## Task to complete
Transcribe each record exactly. Include every one.

# # # #

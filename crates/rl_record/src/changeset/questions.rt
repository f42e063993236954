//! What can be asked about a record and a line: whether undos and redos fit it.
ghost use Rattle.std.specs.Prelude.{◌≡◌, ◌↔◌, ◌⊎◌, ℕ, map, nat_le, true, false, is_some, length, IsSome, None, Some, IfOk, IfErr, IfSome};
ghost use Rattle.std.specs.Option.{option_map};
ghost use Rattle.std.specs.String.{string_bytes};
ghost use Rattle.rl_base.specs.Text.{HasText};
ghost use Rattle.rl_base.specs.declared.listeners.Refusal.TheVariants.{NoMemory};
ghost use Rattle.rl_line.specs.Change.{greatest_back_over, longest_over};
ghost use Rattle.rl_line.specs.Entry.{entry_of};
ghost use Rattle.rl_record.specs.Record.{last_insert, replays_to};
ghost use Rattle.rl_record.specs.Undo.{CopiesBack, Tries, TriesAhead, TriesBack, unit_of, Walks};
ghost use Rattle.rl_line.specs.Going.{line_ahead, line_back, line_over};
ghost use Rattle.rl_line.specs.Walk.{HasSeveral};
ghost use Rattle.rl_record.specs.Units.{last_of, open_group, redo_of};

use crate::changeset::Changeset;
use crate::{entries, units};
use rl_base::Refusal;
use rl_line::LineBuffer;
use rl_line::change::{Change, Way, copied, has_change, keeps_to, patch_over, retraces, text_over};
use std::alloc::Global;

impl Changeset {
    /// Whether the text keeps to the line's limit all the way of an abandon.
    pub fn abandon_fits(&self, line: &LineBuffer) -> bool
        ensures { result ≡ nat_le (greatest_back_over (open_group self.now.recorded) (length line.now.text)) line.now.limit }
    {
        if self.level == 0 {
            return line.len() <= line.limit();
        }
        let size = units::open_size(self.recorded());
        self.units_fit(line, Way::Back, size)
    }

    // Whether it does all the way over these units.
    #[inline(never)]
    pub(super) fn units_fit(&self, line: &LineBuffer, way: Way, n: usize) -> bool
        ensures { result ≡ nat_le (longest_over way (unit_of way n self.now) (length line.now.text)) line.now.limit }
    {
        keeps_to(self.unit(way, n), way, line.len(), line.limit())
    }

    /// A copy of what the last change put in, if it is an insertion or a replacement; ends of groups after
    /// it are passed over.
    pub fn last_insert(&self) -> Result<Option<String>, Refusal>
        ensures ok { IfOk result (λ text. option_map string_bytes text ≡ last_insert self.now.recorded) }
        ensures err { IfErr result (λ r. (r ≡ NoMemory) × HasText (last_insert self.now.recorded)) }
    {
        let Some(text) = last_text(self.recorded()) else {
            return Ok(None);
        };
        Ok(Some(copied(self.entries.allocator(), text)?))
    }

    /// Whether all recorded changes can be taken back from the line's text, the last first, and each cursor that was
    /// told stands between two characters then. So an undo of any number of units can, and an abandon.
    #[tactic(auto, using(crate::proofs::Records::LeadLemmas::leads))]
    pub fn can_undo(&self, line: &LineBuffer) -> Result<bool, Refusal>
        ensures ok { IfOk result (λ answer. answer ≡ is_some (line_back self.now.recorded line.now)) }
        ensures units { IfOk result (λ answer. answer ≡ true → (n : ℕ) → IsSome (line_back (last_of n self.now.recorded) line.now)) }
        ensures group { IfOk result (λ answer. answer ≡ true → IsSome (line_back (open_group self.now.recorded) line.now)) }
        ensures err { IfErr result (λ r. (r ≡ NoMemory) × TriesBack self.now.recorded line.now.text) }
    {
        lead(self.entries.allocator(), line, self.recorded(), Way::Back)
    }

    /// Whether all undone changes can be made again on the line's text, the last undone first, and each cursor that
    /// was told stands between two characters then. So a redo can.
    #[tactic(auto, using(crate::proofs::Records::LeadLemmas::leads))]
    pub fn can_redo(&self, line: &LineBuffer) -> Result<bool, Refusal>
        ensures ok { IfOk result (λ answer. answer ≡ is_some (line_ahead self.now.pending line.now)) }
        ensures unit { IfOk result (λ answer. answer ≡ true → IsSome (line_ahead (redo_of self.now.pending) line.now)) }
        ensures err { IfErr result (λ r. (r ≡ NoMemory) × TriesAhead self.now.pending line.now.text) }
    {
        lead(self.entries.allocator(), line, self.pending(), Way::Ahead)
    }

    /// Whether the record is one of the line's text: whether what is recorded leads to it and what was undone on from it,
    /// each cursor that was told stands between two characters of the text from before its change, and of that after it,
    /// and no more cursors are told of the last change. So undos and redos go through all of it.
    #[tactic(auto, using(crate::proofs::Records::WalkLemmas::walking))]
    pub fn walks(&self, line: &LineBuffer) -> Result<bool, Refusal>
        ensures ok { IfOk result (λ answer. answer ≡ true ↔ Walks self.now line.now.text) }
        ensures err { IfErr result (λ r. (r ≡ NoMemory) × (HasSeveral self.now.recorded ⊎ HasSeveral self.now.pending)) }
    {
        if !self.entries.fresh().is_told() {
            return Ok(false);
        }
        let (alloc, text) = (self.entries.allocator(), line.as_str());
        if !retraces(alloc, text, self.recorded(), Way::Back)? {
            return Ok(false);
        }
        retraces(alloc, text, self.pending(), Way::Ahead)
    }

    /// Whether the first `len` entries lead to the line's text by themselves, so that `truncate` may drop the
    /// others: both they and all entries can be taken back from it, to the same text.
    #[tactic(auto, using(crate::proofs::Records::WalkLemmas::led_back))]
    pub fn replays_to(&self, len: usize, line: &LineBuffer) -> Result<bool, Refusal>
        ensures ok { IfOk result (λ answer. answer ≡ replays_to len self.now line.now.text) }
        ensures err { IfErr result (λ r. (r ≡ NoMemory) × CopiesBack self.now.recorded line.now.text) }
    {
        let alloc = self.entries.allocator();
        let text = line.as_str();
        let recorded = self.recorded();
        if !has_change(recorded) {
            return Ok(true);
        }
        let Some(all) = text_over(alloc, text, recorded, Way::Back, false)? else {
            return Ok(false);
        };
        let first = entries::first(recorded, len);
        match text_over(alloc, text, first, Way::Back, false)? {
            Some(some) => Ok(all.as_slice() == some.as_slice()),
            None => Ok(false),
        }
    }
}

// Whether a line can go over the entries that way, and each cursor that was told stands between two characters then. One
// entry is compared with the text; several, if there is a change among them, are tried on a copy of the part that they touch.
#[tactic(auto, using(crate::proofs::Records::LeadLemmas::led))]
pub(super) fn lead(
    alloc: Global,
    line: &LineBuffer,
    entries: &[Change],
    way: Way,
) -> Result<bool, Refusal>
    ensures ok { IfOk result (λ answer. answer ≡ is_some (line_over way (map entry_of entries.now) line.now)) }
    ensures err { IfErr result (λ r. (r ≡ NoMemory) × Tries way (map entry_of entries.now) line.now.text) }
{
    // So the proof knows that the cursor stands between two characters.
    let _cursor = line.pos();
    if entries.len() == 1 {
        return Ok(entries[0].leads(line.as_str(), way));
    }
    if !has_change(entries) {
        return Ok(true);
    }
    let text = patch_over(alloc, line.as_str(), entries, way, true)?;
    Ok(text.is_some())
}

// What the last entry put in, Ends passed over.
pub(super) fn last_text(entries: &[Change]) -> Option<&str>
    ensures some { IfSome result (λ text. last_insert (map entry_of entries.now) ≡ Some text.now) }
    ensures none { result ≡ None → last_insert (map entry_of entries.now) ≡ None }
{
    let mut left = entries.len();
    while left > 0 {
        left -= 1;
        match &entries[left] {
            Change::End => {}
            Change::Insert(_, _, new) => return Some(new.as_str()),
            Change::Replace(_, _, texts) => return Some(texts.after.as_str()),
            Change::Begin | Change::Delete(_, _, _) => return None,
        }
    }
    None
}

# # # #

## Answer to this problem
filename crates/rl_record/src/changeset/questions.rt
repository f42e063993236954
//! What can be asked about a record and a line: whether undos and redos fit it.
ghost use Rattle.std.specs.Prelude.{◌≡◌, ◌↔◌, ◌⊎◌, ℕ, map, nat_le, true, false, is_some, length, IsSome, None, Some, IfOk, IfErr, IfSome};
ghost use Rattle.std.specs.Option.{option_map};
ghost use Rattle.std.specs.String.{string_bytes};
ghost use Rattle.rl_base.specs.Text.{HasText};
ghost use Rattle.rl_base.specs.declared.listeners.Refusal.TheVariants.{NoMemory};
ghost use Rattle.rl_line.specs.Change.{greatest_back_over, longest_over};
ghost use Rattle.rl_line.specs.Entry.{entry_of};
ghost use Rattle.rl_record.specs.Record.{last_insert, replays_to};
ghost use Rattle.rl_record.specs.Undo.{CopiesBack, Tries, TriesAhead, TriesBack, unit_of, Walks};
ghost use Rattle.rl_line.specs.Going.{line_ahead, line_back, line_over};
ghost use Rattle.rl_line.specs.Walk.{HasSeveral};
ghost use Rattle.rl_record.specs.Units.{last_of, open_group, redo_of};

use crate::changeset::Changeset;
use crate::{entries, units};
use rl_base::Refusal;
use rl_line::LineBuffer;
use rl_line::change::{Change, Way, copied, has_change, keeps_to, patch_over, retraces, text_over};
use std::alloc::Global;

impl Changeset {
    /// Whether the text keeps to the line's limit all the way of an abandon.
    pub fn abandon_fits(&self, line: &LineBuffer) -> bool
        ensures { result ≡ nat_le (greatest_back_over (open_group self.now.recorded) (length line.now.text)) line.now.limit }
    {
        if self.level == 0 {
            return line.len() <= line.limit();
        }
        let size = units::open_size(self.recorded());
        self.units_fit(line, Way::Back, size)
    }

    // Whether it does all the way over these units.
    #[inline(never)]
    pub(super) fn units_fit(&self, line: &LineBuffer, way: Way, n: usize) -> bool
        ensures { result ≡ nat_le (longest_over way (unit_of way n self.now) (length line.now.text)) line.now.limit }
    {
        keeps_to(self.unit(way, n), way, line.len(), line.limit())
    }

    /// A copy of what the last change put in, if it is an insertion or a replacement; ends of groups after
    /// it are passed over.
    pub fn last_insert(&self) -> Result<Option<String>, Refusal>
        ensures ok { IfOk result (λ text. option_map string_bytes text ≡ last_insert self.now.recorded) }
        ensures err { IfErr result (λ r. (r ≡ NoMemory) × HasText (last_insert self.now.recorded)) }
    {
        let Some(text) = last_text(self.recorded()) else {
            return Ok(None);
        };
        Ok(Some(copied(self.entries.allocator(), text)?))
    }

    /// Whether all recorded changes can be taken back from the line's text, the last first, and each cursor that was
    /// told stands between two characters then. So an undo of any number of units can, and an abandon.
    #[tactic(auto, using(crate::proofs::Records::LeadLemmas::leads))]
    pub fn can_undo(&self, line: &LineBuffer) -> Result<bool, Refusal>
        ensures ok { IfOk result (λ answer. answer ≡ is_some (line_back self.now.recorded line.now)) }
        ensures units { IfOk result (λ answer. answer ≡ true → (n : ℕ) → IsSome (line_back (last_of n self.now.recorded) line.now)) }
        ensures group { IfOk result (λ answer. answer ≡ true → IsSome (line_back (open_group self.now.recorded) line.now)) }
        ensures err { IfErr result (λ r. (r ≡ NoMemory) × TriesBack self.now.recorded line.now.text) }
    {
        lead(self.entries.allocator(), line, self.recorded(), Way::Back)
    }

    /// Whether all undone changes can be made again on the line's text, the last undone first, and each cursor that
    /// was told stands between two characters then. So a redo can.
    #[tactic(auto, using(crate::proofs::Records::LeadLemmas::leads))]
    pub fn can_redo(&self, line: &LineBuffer) -> Result<bool, Refusal>
        ensures ok { IfOk result (λ answer. answer ≡ is_some (line_ahead self.now.pending line.now)) }
        ensures unit { IfOk result (λ answer. answer ≡ true → IsSome (line_ahead (redo_of self.now.pending) line.now)) }
        ensures err { IfErr result (λ r. (r ≡ NoMemory) × TriesAhead self.now.pending line.now.text) }
    {
        lead(self.entries.allocator(), line, self.pending(), Way::Ahead)
    }

    /// Whether the record is one of the line's text: whether what is recorded leads to it and what was undone on from it,
    /// each cursor that was told stands between two characters of the text from before its change, and of that after it,
    /// and no more cursors are told of the last change. So undos and redos go through all of it.
    #[tactic(auto, using(crate::proofs::Records::WalkLemmas::walking))]
    pub fn walks(&self, line: &LineBuffer) -> Result<bool, Refusal>
        ensures ok { IfOk result (λ answer. answer ≡ true ↔ Walks self.now line.now.text) }
        ensures err { IfErr result (λ r. (r ≡ NoMemory) × (HasSeveral self.now.recorded ⊎ HasSeveral self.now.pending)) }
    {
        if !self.entries.fresh().is_told() {
            return Ok(false);
        }
        let (alloc, text) = (self.entries.allocator(), line.as_str());
        if !retraces(alloc, text, self.recorded(), Way::Back)? {
            return Ok(false);
        }
        retraces(alloc, text, self.pending(), Way::Ahead)
    }

    /// Whether the first `len` entries lead to the line's text by themselves, so that `truncate` may drop the
    /// others: both they and all entries can be taken back from it, to the same text.
    #[tactic(auto, using(crate::proofs::Records::WalkLemmas::led_back))]
    pub fn replays_to(&self, len: usize, line: &LineBuffer) -> Result<bool, Refusal>
        ensures ok { IfOk result (λ answer. answer ≡ replays_to len self.now line.now.text) }
        ensures err { IfErr result (λ r. (r ≡ NoMemory) × CopiesBack self.now.recorded line.now.text) }
    {
        let alloc = self.entries.allocator();
        let text = line.as_str();
        let recorded = self.recorded();
        if !has_change(recorded) {
            return Ok(true);
        }
        let Some(all) = text_over(alloc, text, recorded, Way::Back, false)? else {
            return Ok(false);
        };
        let first = entries::first(recorded, len);
        match text_over(alloc, text, first, Way::Back, false)? {
            Some(some) => Ok(all.as_slice() == some.as_slice()),
            None => Ok(false),
        }
    }
}

// Whether a line can go over the entries that way, and each cursor that was told stands between two characters then. One
// entry is compared with the text; several, if there is a change among them, are tried on a copy of the part that they touch.
#[tactic(auto, using(crate::proofs::Records::LeadLemmas::led))]
pub(super) fn lead(
    alloc: Global,
    line: &LineBuffer,
    entries: &[Change],
    way: Way,
) -> Result<bool, Refusal>
    ensures ok { IfOk result (λ answer. answer ≡ is_some (line_over way (map entry_of entries.now) line.now)) }
    ensures err { IfErr result (λ r. (r ≡ NoMemory) × Tries way (map entry_of entries.now) line.now.text) }
{
    // So the proof knows that the cursor stands between two characters.
    let _cursor = line.pos();
    if entries.len() == 1 {
        return Ok(entries[0].leads(line.as_str(), way));
    }
    if !has_change(entries) {
        return Ok(true);
    }
    let text = patch_over(alloc, line.as_str(), entries, way, true)?;
    Ok(text.is_some())
}

// What the last entry put in, Ends passed over.
pub(super) fn last_text(entries: &[Change]) -> Option<&str>
    ensures some { IfSome result (λ text. last_insert (map entry_of entries.now) ≡ Some text.now) }
    ensures none { result ≡ None → last_insert (map entry_of entries.now) ≡ None }
{
    let mut left = entries.len();
    while left > 0 {
        left -= 1;
        match &entries[left] {
            Change::End => {}
            Change::Insert(_, _, new) => return Some(new.as_str()),
            Change::Replace(_, _, texts) => return Some(texts.after.as_str()),
            Change::Begin | Change::Delete(_, _, _) => return None,
        }
    }
    None
}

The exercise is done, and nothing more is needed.